Аксель и дядя смотрели вперед застывшим взглядом — предки опять разделили потоки и показывали каждому своё? Каждому. Из семьи. И Данд тоже смотрел вперед с застывшим взглядом. Значит, старые хрычи просто решили увеличить сумму и предмет торга.
Что они хотят от нас на этот раз? От меня и от дяди?
Прежде, чем фигура пра-пра проявилась полностью, я взяла инициативу в свои руки.
— Вы бы никогда не выбрали меня. Сами — никогда. Слабую. Светлую, — я позволила тени усмешки скользнуть в глазах. В эти игры можно играть вдвоем. — Я много думала об этом. Если только у вас не было другого выбора.
Фигура пра-пра заметно колыхнулась, увеличивая сияние.
— Вы бы никогда не дали мне и единого шанса. Но… просто не было никого кроме, не так ли?
«Нет…» — корона из кос плавно качнулась из стороны в сторону.
— Да…, — старческий скрипучий голос раздался везде и нигде одновременно. Властный настолько, что хотелось склонить голову. Вот у кого следует брать уроки дяде. Мужская фигура соткалась за женской, но очертания остались размытыми — им не хватает силы? — …не выбрали бы… бесполезная… слабая…
— Слабая… и дело не в клине, — продолжила я тихо. — Дело в том, что я была последней? И я умерла. Вернуть можно только последнего?
— Да, — снова равнодушно припечатал мужской голос. — Использовать то, что есть.
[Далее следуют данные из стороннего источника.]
// Which automaton books are accepted.

#![tactic(auto)]

ghost use Rattle.lawful_automata.specs.Accepted.{AcceptedAutomataAreLawful};

// An automaton book is accepted exactly if its structure is right and its tree is lawful.
pub fn accepted_automata_are_lawful()
    ensures { AcceptedAutomataAreLawful }
{}
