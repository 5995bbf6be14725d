//! The command that converts a generated matrix.
ghost use Rattle.std.specs.Prelude.{◌≡◌, ◌≤◌, ◌++◌, Err, IfErr, IfOk, Ok, OnOk, length, true};
ghost use Rattle.us_format.specs.Program.{plain_shape};
ghost use Rattle.us_matrix.specs.Map.{IsSide};
ghost use Rattle.us_sample.specs.Numbers.{sample_of};
ghost use Rattle.us_sample.specs.Totals.{line_of};
ghost use Rattle.us_status.specs.Answers.{IsInnerRefusal, IsStep};
ghost use Rattle.us_status.specs.Runs.{IsRunOf, told};
ghost use Rattle.us_status.specs.declared.status.Status.TheVariants.{Memory};
ghost use Rattle.us_inputs.specs.Chains.{is_chain};
ghost use Rattle.us_inputs.specs.Sources.{held_as};
ghost use Rattle.us_inputs.specs.Steps.{OfFile, within_limit};
ghost use Rattle.us_inputs.specs.Views.{contained_of};
ghost use Rattle.us_generate.specs.Generating.{IsTold, generate_task};

use std::alloc::{AllocError, Global};
use us_check::Held;
use us_inputs::{Input, hold, read_chain};
use us_journeys::{Journey, go_along};
use us_judge::Format;
use us_matrix::Shape;
use us_outside::Outside;
use us_sample::{last_line, sample};
use us_status::{Status, finish};

/// Makes the matrix of a seed, of so many triples, converts it through the chain, and prints the size of each format and the
/// steps to it, and of the matrix its rows, columns, number of entries and the sum of its values.
pub fn generate<O: Outside>(
    alloc: Global,
    outside: &mut O,
    seed: u64,
    shape: Shape,
    count: u32,
    chain: &str,
    formats: &str,
) -> Status
    requires rows { IsSide shape.rows }
    requires cols { IsSide shape.cols }
    requires count { count ≤ 8388608 }
    requires chain { is_chain chain.now ≡ true }
    ensures { IsRunOf (generate_task seed (plain_shape shape) count chain.now formats.now)
        (told (O.files outside.old) (O.printed outside.old) (O.faults outside.old))
        (told (O.files outside.new) (O.printed outside.new) (O.faults outside.new)) result }
{
    let formats = match read_chain(alloc, outside, formats, chain) {
        Ok(formats) => formats,
        Err(status) => return status,
    };
    match lines_of(alloc, seed, shape, count, &formats) {
        Ok(lines) => finish(outside, &[], Some(&lines)),
        Err(status) => status,
    }
}

// The lines of a generated matrix.
fn lines_of(
    alloc: Global,
    seed: u64,
    shape: Shape,
    count: u32,
    formats: &[Format],
) -> Result<Vec<u8>, Status>
    requires rows { IsSide shape.rows }
    requires cols { IsSide shape.cols }
    requires count { count ≤ 8388608 }
    requires formats { length formats.now ≤ 64 }
    ensures made { IfOk result (λ v. IsTold (sample_of seed shape.rows shape.cols count) formats.now v.items) }
    ensures within { OnOk result (within_limit (sample_of seed shape.rows shape.cols count) 1 formats.now ≡ Ok tt) }
    ensures plain { IfErr result (λ s. IsStep (within_limit (sample_of seed shape.rows shape.cols count) 1 formats.now) (Err s)) }
    ensures refusal { IfErr result IsInnerRefusal }
{
    let Ok(matrix) = sample(alloc, seed, shape, count) else {
        return Err(Status::Memory);
    };
    let Ok(last) = last_line(alloc, &matrix) else {
        return Err(Status::Memory);
    };
    match hold(alloc, Input::File(matrix)) {
        Ok(held) => lines_along(alloc, held, formats, &last),
        Err(status) => Err(status),
    }
}

// The lines of a held matrix that goes through formats, and a last line.
fn lines_along(
    alloc: Global,
    held: Held,
    formats: &[Format],
    last: &[u8],
) -> Result<Vec<u8>, Status>
    requires formats { length formats.now ≤ 64 }
    requires held { contained_of held ≡ held_as (OfFile held.matrix) }
    requires last { last.now ≡ line_of held.matrix }
    ensures made { IfOk result (λ v. IsTold held.matrix formats.now v.items) }
    ensures within { OnOk result (within_limit held.matrix 1 formats.now ≡ Ok tt) }
    ensures plain { IfErr result (λ s. IsStep (within_limit held.matrix 1 formats.now) (Err s)) }
    ensures refusal { IfErr result IsInnerRefusal }
{
    let mut journey = Journey {
        held,
        lines: Vec::new(alloc),
        listing: Vec::new(alloc),
    };
    match go_along(alloc, &mut journey, formats, false) {
        Ok(()) => with_last(journey, last),
        Err(status) => Err(status),
    }
}

// The lines of a journey, and a last line.
fn with_last(journey: Journey, last: &[u8]) -> Result<Vec<u8>, Status>
    ensures lines { IfOk result (λ v. v.items ≡ journey.lines.items ++ last.now) }
    ensures memory { IfErr result (λ s. s ≡ Memory) }
{
    let Journey { mut lines, .. } = journey;
    match lines.extend_from_slice(last) {
        Ok(()) => Ok(lines),
        Err(_) => Err(Status::Memory),
    }
}
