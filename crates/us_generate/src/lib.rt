//! The command `generate`: the matrix of a seed goes through a chain of formats.
#![tactic(auto)]

mod generating;

pub use generating::generate;
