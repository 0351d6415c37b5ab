//! The steps that words and items are, and what the trees of items are that the readers of files go by.
//!
//! It serves the readers: [`read_on`] adds to a plan the steps that words end, and [`add_steps`] those that items are.
#![tactic(auto)]

mod fault;
mod plan_items;
mod plan_words;

pub use fault::ReadFault;
pub use plan_items::add_steps;
pub use plan_words::{Place, read_on};
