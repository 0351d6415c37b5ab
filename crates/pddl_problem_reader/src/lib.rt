//! The reader of problems from texts.
//!
//! It answers a problem exactly where the text spells one, and then that one; else the first fault.
#![tactic(auto)]

mod init_texts;
mod object_texts;
mod one_pass;
mod problem_reader;
mod section;
mod section_reader;

pub use problem_reader::{
    no_fault_in_problem, one_problem, one_problem_fault, problem_fault_in_text, read_problem,
};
— Дядя ведь не сам сообразил, — я прижала ладони к алтарю ещё сильнее — красные дорожки побежали быстрее, заполняя борозды, и стукнула краем одного наруча Арритидесов о другой, — ему помогли? Вложили в голову эту мысль, не так ли? Я долго думала, какого демона Мастер-артефактор решил понадеяться на чужие артефакты, непроверенные, с неизвестными функциями… решил внезапно… дядя не верит никому кроме себя и…, — я смотрела прямо в серебристое марево над алтарем, — и предков.
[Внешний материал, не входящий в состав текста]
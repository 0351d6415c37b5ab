//! What the sections of a problem that stood said.

ghost use Rattle.std.specs.Prelude.{◌≡◌};
ghost use Rattle.pddl_sections.specs.Inner.Answers.{first_missing};
ghost use Rattle.pddl_problem_reader.specs.ProblemTexts.{required};
ghost use Rattle.pddl_problem_reader.specs.Inner.Slots.{slots_view, no_slots, has_slot};

use pddl_file::SectionKeyword;
use pddl_formula::{Formula, TypedList};
use pddl_problem::{InitItem, Metric};
use pddl_token::Name;
use std::alloc::Allocator;

/// The sections that stood, each at most once.
#[derive(Drop)]
pub struct Slots<A: Allocator> {
    pub domain: Option<Name<A>>,
    pub requirements: Option<Vec<Name<A>, A>>,
    pub objects: Option<TypedList<A>>,
    pub init: Option<Vec<InitItem<A>, A>>,
    pub goal: Option<Formula<A>>,
    pub metric: Option<Metric<A>>,
}

impl<A: Allocator> Slots<A> {
    /// No section stood.
    pub fn nothing() -> Slots<A>
        ensures { slots_view result ≡ no_slots }
    {
        Slots {
            domain: None,
            requirements: None,
            objects: None,
            init: None,
            goal: None,
            metric: None,
        }
    }

    /// The first section that is missing of the domain, `:init` and the goal.
    pub fn first_missing(&self) -> Option<SectionKeyword>
        ensures { result ≡ first_missing (has_slot (slots_view self.now)) required }
    {
        if self.domain.is_none() {
            Some(SectionKeyword::Domain)
        } else if self.init.is_none() {
            Some(SectionKeyword::Init)
        } else if self.goal.is_none() {
            Some(SectionKeyword::Goal)
        } else {
            None
        }
    }
}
Старые хрычи заигрались. Какую бы цель они не преследовали — результат может быть только один — благо для рода. Но общее благо не всегда означает благо для отдельно взятых его членов.
Любой сильный новый член усиливает род, алтарь, дает подпитку. Данд связан кровью, и идеален в качестве кандидатуры — они должны были ухватиться за него, но… не сделали этого.